> Saved data entries:
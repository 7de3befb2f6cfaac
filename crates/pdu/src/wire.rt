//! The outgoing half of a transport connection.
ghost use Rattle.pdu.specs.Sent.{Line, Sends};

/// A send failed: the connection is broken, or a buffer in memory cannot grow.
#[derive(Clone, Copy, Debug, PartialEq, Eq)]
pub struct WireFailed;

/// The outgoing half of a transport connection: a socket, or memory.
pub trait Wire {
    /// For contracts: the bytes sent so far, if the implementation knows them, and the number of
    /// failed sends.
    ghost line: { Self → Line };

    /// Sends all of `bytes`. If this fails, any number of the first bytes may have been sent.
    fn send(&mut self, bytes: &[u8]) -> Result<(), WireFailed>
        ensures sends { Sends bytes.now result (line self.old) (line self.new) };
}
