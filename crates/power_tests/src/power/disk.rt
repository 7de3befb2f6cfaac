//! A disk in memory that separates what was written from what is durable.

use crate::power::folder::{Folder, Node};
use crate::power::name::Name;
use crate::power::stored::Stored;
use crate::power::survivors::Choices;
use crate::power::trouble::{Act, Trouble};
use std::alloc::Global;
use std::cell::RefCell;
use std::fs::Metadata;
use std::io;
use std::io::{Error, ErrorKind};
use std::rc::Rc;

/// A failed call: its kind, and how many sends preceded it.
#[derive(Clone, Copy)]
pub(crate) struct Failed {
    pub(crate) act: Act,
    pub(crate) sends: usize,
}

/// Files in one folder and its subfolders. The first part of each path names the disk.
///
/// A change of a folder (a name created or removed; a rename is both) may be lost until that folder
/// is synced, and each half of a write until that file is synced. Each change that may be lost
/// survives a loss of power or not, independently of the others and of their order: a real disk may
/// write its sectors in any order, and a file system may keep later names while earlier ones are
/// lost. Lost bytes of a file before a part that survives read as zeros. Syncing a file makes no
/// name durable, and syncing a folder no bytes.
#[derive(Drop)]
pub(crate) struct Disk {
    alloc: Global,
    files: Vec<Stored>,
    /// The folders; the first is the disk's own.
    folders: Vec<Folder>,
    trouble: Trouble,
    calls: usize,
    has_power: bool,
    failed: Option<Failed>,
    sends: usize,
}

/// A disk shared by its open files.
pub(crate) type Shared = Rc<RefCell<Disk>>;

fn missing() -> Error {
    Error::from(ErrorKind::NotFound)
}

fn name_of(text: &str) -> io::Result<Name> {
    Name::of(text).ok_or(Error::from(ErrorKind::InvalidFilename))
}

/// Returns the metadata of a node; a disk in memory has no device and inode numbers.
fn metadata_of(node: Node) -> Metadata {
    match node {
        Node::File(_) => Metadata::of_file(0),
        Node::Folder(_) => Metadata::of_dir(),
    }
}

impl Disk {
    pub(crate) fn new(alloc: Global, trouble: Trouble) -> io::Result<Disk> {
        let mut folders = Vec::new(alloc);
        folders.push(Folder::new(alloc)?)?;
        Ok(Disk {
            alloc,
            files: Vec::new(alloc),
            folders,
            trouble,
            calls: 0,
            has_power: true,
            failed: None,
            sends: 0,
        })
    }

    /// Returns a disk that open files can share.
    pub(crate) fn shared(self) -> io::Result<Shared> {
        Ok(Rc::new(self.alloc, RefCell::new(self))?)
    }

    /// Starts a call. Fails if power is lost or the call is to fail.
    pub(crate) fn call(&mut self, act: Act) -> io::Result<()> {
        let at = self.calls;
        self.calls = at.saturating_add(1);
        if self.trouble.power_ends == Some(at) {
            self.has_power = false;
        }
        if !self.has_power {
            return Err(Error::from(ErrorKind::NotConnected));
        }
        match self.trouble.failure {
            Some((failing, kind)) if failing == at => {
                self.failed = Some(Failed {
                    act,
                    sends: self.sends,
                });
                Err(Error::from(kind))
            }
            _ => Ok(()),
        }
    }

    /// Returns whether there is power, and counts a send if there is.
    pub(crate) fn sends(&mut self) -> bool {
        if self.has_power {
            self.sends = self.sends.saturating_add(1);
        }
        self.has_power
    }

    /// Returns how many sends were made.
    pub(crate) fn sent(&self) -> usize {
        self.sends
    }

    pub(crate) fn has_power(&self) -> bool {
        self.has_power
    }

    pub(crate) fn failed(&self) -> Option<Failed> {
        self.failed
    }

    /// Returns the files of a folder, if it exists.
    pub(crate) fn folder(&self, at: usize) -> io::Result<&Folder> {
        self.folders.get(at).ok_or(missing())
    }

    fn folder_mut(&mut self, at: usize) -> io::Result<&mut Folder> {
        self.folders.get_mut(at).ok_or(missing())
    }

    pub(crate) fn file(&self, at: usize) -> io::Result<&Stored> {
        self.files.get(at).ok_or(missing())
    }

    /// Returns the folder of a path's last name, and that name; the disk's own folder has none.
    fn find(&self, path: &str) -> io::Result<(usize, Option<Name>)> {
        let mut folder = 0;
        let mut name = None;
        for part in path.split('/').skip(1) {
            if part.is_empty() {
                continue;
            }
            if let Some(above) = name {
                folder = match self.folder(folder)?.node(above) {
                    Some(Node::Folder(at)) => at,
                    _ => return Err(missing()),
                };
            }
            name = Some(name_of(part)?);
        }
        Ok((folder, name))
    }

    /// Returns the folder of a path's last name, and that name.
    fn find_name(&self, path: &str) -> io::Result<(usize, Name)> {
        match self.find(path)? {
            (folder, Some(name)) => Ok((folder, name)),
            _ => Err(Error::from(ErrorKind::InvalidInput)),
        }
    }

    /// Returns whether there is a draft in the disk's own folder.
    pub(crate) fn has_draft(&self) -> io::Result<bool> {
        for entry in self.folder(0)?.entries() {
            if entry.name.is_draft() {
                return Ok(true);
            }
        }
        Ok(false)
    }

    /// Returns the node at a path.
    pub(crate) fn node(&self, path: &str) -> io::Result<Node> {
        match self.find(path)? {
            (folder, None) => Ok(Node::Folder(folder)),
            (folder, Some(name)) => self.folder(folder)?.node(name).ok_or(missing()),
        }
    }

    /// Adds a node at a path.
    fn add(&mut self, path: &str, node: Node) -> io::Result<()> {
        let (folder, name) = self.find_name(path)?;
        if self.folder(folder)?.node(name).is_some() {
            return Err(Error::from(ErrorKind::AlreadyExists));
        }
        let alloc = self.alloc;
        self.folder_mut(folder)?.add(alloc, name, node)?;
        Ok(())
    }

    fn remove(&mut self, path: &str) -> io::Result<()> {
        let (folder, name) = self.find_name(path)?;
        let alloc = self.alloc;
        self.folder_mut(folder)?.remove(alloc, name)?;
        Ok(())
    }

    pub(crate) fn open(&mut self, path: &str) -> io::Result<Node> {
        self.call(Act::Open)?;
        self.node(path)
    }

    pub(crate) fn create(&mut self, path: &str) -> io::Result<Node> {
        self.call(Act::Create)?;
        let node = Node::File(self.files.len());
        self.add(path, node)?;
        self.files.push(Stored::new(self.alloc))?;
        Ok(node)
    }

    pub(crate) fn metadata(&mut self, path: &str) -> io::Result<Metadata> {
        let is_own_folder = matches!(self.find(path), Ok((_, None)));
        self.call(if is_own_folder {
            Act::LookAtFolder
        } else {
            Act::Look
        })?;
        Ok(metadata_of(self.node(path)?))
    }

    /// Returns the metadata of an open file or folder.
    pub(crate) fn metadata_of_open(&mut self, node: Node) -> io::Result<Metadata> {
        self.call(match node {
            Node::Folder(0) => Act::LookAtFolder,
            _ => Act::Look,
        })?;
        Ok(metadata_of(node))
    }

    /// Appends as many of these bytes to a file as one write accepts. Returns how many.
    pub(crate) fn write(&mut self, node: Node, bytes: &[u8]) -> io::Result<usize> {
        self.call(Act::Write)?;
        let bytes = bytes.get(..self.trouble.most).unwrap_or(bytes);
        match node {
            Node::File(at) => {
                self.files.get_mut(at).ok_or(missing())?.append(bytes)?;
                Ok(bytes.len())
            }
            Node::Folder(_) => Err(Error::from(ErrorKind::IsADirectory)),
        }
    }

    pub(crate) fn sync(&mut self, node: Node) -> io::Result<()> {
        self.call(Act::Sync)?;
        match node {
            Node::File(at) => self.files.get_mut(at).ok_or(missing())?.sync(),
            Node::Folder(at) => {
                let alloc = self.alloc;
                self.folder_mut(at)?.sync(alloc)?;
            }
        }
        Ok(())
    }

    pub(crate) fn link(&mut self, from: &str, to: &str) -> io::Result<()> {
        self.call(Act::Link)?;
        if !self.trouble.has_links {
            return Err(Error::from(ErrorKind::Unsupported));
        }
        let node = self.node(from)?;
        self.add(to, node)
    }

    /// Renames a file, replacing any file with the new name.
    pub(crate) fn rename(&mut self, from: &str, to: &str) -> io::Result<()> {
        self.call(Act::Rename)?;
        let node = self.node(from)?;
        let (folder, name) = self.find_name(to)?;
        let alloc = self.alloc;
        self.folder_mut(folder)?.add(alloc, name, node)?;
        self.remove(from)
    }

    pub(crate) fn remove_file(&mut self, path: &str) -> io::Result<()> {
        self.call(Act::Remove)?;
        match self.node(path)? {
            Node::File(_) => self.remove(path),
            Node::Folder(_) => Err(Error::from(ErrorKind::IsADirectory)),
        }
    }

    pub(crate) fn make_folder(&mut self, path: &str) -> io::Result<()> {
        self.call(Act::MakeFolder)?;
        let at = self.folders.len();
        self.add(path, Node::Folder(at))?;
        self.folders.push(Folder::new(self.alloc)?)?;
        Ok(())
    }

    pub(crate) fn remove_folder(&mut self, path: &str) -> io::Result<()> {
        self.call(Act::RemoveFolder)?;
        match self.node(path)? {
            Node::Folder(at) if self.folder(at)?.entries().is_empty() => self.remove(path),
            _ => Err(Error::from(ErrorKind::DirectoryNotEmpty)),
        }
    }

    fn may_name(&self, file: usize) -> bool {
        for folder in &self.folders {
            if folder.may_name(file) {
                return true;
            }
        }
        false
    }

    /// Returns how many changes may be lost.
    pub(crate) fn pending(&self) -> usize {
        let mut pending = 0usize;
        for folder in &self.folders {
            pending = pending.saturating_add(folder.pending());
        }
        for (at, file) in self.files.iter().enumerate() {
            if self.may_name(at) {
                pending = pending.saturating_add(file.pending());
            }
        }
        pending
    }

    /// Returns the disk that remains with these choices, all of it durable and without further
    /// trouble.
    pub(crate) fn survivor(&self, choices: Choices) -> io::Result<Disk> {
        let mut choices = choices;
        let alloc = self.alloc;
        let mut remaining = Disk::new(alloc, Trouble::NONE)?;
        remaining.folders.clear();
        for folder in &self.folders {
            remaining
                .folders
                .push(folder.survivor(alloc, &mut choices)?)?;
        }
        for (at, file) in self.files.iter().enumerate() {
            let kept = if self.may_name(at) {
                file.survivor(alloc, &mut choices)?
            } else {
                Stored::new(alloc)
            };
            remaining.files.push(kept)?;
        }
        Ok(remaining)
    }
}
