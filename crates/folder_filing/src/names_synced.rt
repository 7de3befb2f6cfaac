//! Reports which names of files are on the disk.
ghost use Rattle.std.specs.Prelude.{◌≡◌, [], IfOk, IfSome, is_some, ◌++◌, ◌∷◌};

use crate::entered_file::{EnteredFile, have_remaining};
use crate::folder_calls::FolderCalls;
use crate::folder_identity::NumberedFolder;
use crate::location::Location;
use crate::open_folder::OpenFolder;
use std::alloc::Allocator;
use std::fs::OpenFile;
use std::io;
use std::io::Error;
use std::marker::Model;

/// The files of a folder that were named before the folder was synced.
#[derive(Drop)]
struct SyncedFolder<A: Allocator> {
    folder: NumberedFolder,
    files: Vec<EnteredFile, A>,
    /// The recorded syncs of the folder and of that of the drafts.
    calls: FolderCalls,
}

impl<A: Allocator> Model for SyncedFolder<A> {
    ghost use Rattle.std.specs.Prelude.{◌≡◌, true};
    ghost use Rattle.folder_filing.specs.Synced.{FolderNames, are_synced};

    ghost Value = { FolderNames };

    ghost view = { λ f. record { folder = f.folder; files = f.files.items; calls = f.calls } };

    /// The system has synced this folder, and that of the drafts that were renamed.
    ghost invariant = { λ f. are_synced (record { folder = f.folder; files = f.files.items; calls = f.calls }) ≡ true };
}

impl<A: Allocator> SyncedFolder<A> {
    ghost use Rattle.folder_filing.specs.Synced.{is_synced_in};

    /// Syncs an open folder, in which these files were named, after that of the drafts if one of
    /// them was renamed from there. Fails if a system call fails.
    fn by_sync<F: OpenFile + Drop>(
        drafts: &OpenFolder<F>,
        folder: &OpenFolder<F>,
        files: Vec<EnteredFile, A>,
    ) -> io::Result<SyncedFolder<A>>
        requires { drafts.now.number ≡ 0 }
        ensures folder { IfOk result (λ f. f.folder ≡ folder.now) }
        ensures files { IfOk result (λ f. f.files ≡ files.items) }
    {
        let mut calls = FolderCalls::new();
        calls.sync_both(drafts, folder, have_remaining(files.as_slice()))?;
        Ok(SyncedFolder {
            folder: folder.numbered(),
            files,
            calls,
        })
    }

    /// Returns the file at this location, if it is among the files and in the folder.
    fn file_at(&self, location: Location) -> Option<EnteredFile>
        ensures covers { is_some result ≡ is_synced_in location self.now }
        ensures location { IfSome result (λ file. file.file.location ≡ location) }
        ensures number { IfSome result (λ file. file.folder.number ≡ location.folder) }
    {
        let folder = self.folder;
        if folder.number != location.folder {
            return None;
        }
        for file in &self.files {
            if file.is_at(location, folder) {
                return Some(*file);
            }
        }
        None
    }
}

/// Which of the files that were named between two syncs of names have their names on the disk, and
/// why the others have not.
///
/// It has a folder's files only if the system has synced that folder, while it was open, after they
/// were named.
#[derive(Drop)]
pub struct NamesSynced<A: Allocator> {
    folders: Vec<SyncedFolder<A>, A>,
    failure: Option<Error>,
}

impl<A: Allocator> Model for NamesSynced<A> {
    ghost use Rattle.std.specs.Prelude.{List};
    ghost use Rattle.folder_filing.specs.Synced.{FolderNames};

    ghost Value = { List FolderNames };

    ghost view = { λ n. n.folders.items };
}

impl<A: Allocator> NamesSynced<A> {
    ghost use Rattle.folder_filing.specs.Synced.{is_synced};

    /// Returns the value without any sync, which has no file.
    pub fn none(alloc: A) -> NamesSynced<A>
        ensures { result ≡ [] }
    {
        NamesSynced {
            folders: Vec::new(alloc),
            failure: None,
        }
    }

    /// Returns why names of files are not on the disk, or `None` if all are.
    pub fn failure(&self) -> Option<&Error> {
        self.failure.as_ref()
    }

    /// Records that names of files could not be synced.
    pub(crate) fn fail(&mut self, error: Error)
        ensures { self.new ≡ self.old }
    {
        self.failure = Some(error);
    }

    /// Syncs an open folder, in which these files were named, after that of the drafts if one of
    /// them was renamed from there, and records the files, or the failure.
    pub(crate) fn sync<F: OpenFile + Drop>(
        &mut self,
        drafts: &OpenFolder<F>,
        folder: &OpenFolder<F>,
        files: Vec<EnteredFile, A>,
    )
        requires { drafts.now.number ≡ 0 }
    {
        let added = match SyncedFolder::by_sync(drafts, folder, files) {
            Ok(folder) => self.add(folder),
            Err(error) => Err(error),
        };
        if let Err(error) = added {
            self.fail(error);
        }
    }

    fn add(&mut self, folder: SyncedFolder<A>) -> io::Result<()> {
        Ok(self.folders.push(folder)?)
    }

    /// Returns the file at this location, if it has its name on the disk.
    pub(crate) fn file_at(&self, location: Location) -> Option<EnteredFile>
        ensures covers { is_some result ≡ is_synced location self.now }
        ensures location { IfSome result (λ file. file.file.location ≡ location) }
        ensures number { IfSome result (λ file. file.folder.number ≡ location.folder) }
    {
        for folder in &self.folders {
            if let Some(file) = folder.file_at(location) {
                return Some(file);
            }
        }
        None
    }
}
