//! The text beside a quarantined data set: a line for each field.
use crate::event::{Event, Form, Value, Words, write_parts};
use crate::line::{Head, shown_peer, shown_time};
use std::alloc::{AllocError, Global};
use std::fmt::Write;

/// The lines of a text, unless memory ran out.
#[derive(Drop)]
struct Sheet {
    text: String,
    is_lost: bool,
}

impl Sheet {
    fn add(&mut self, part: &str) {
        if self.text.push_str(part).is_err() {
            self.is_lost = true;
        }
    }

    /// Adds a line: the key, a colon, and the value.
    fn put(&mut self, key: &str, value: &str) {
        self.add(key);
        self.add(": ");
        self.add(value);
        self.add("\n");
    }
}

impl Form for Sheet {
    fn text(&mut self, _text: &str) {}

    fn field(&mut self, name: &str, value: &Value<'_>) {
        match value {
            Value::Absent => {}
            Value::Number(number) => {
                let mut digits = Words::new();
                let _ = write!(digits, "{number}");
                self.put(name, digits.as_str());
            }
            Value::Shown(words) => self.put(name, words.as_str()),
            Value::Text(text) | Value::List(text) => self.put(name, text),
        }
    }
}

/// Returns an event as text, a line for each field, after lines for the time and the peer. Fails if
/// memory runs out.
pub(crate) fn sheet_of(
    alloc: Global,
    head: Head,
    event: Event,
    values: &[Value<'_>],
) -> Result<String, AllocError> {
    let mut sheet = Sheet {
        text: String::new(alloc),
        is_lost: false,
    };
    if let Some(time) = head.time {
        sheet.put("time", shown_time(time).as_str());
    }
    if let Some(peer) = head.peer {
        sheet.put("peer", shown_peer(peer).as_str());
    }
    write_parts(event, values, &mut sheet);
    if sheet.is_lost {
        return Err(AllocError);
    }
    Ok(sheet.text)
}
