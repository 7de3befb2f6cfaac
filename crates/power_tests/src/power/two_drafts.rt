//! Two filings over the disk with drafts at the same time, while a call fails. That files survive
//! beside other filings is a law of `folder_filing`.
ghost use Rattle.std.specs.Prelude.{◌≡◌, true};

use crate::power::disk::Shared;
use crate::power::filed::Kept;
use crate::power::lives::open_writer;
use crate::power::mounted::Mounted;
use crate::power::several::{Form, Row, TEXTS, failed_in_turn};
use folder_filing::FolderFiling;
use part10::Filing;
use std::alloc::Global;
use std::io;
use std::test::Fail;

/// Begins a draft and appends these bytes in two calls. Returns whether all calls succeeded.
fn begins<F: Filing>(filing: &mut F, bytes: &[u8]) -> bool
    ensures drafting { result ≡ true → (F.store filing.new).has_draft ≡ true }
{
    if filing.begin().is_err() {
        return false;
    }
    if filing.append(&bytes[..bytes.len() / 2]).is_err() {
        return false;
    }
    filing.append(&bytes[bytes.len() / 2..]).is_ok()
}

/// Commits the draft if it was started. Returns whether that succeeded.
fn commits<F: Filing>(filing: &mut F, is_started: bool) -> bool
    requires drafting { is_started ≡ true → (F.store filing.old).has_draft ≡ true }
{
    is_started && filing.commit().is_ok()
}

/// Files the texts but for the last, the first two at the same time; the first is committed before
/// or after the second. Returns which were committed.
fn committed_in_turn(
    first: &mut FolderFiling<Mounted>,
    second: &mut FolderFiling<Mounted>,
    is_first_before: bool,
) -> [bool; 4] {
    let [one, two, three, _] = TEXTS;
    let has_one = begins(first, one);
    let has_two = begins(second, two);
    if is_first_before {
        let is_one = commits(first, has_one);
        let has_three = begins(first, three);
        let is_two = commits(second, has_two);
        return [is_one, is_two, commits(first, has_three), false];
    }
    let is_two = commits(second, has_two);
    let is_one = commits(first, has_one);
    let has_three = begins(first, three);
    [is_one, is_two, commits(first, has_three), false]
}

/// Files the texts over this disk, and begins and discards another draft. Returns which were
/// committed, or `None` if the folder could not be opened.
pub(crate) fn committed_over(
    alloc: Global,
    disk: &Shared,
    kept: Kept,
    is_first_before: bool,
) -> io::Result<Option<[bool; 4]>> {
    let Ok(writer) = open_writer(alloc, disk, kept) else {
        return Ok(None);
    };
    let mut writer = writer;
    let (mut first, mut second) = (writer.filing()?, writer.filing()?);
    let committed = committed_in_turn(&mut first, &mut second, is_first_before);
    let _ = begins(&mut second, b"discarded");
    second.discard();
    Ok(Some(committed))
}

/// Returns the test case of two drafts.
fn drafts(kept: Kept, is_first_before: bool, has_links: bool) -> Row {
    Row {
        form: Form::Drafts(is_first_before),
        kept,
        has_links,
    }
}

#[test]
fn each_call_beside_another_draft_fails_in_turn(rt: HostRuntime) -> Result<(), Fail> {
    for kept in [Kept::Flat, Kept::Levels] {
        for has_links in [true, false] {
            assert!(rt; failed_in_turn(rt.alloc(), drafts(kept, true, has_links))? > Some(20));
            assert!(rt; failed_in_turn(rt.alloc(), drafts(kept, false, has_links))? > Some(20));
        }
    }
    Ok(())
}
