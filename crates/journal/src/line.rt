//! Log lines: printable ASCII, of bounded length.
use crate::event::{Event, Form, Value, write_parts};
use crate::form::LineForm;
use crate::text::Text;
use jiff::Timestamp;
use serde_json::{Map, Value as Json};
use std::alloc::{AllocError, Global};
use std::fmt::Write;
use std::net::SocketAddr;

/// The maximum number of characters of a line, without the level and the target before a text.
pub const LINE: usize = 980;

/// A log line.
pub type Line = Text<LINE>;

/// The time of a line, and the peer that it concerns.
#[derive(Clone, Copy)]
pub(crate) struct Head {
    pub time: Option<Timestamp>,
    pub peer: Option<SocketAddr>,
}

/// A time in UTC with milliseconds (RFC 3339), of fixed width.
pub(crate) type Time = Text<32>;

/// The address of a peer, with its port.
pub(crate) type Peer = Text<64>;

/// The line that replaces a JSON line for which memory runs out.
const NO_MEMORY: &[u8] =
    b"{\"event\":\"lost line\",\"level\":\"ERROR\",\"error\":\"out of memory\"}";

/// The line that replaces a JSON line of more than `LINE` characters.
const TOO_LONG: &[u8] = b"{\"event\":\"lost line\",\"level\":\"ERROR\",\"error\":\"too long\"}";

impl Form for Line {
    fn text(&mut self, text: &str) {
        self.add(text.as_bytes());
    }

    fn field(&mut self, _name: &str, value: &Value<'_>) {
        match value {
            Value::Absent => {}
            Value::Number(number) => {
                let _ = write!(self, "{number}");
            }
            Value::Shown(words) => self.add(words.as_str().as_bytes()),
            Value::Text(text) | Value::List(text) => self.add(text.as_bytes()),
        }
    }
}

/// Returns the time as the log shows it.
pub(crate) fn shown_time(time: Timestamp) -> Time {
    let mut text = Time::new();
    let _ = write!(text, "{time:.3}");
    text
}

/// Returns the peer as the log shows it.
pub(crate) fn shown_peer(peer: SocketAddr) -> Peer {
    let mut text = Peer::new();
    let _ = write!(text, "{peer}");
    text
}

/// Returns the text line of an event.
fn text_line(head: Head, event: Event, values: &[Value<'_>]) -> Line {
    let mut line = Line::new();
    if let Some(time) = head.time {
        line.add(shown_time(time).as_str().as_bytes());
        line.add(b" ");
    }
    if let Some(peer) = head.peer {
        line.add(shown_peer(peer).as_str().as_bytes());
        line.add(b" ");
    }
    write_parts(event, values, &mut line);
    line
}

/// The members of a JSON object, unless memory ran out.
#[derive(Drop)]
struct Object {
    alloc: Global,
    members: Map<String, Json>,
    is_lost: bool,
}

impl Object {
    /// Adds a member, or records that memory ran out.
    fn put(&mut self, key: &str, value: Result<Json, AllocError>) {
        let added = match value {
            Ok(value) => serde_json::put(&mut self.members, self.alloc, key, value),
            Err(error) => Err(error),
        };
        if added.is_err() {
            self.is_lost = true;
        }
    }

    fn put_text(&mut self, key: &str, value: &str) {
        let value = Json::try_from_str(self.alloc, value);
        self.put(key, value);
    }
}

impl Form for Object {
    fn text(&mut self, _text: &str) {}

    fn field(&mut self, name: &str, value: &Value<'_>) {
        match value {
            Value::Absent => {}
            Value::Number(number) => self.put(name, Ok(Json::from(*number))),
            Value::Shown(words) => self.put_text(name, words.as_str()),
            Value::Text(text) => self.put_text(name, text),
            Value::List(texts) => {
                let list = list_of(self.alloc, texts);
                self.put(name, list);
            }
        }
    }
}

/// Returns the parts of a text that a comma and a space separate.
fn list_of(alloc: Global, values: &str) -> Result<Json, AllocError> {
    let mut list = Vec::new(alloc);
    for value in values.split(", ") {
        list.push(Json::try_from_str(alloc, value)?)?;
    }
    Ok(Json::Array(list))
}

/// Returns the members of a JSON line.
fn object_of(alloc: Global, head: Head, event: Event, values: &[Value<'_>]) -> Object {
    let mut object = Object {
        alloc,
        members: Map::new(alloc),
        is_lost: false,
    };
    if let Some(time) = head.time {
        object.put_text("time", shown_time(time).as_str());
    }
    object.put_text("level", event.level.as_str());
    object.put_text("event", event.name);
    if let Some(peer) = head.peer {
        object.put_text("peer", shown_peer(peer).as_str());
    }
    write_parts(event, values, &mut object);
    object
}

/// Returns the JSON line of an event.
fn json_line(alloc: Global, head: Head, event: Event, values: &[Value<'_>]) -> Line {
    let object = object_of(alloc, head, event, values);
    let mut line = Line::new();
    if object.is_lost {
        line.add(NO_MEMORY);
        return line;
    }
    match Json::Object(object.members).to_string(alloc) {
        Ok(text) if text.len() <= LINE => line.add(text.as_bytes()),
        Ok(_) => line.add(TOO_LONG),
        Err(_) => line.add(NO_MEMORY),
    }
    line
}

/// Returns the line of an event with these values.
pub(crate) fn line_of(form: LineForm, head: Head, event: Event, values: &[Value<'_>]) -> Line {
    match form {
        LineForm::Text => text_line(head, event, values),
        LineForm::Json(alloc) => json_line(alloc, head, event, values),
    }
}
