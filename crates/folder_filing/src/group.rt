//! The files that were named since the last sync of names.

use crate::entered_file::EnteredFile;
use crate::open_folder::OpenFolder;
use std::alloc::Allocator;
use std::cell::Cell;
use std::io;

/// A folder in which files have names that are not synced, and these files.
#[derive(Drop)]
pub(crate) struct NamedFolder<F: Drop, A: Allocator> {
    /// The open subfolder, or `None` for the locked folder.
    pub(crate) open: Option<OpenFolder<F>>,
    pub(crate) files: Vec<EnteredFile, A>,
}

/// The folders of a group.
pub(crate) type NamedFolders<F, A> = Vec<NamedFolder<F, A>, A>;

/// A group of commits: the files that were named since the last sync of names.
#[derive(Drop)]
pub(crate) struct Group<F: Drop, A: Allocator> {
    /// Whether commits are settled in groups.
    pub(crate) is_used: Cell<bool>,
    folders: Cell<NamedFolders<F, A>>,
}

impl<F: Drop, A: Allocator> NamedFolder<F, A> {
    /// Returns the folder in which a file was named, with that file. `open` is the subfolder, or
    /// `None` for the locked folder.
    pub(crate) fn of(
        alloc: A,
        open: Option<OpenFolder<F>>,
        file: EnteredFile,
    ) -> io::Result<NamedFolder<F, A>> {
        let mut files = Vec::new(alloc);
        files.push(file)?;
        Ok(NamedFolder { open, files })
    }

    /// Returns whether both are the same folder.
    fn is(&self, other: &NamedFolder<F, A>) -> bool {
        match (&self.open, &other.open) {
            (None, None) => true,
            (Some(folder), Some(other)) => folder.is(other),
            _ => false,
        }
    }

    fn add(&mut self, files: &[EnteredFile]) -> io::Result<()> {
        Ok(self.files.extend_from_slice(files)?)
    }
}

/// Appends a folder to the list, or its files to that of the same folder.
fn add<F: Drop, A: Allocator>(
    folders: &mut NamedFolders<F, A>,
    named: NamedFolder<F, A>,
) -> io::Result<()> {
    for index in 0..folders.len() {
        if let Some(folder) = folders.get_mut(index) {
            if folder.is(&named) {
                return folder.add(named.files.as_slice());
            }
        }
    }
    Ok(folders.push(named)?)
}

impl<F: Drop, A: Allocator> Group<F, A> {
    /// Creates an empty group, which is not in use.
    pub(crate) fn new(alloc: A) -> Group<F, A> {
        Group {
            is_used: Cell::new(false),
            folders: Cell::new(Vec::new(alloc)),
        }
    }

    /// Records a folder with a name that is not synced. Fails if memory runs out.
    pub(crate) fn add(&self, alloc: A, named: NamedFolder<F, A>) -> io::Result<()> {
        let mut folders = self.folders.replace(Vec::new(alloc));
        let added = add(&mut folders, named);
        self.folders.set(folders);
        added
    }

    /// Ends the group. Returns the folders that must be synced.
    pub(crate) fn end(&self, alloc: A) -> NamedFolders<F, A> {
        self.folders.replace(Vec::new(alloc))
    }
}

> PROMPT:
Retype exactly the lines from the first line of the records above through the line containing "pub trait Wire", both included, and nothing else.

> SOLUTION:
repository 7de3befb2f6cfaac
filename crates/pdu/src/wire.rt
//! The outgoing half of a transport connection.
ghost use Rattle.pdu.specs.Sent.{Line, Sends};

/// A send failed: the connection is broken, or a buffer in memory cannot grow.
#[derive(Clone, Copy, Debug, PartialEq, Eq)]
pub struct WireFailed;

/// The outgoing half of a transport connection: a socket, or memory.
pub trait Wire {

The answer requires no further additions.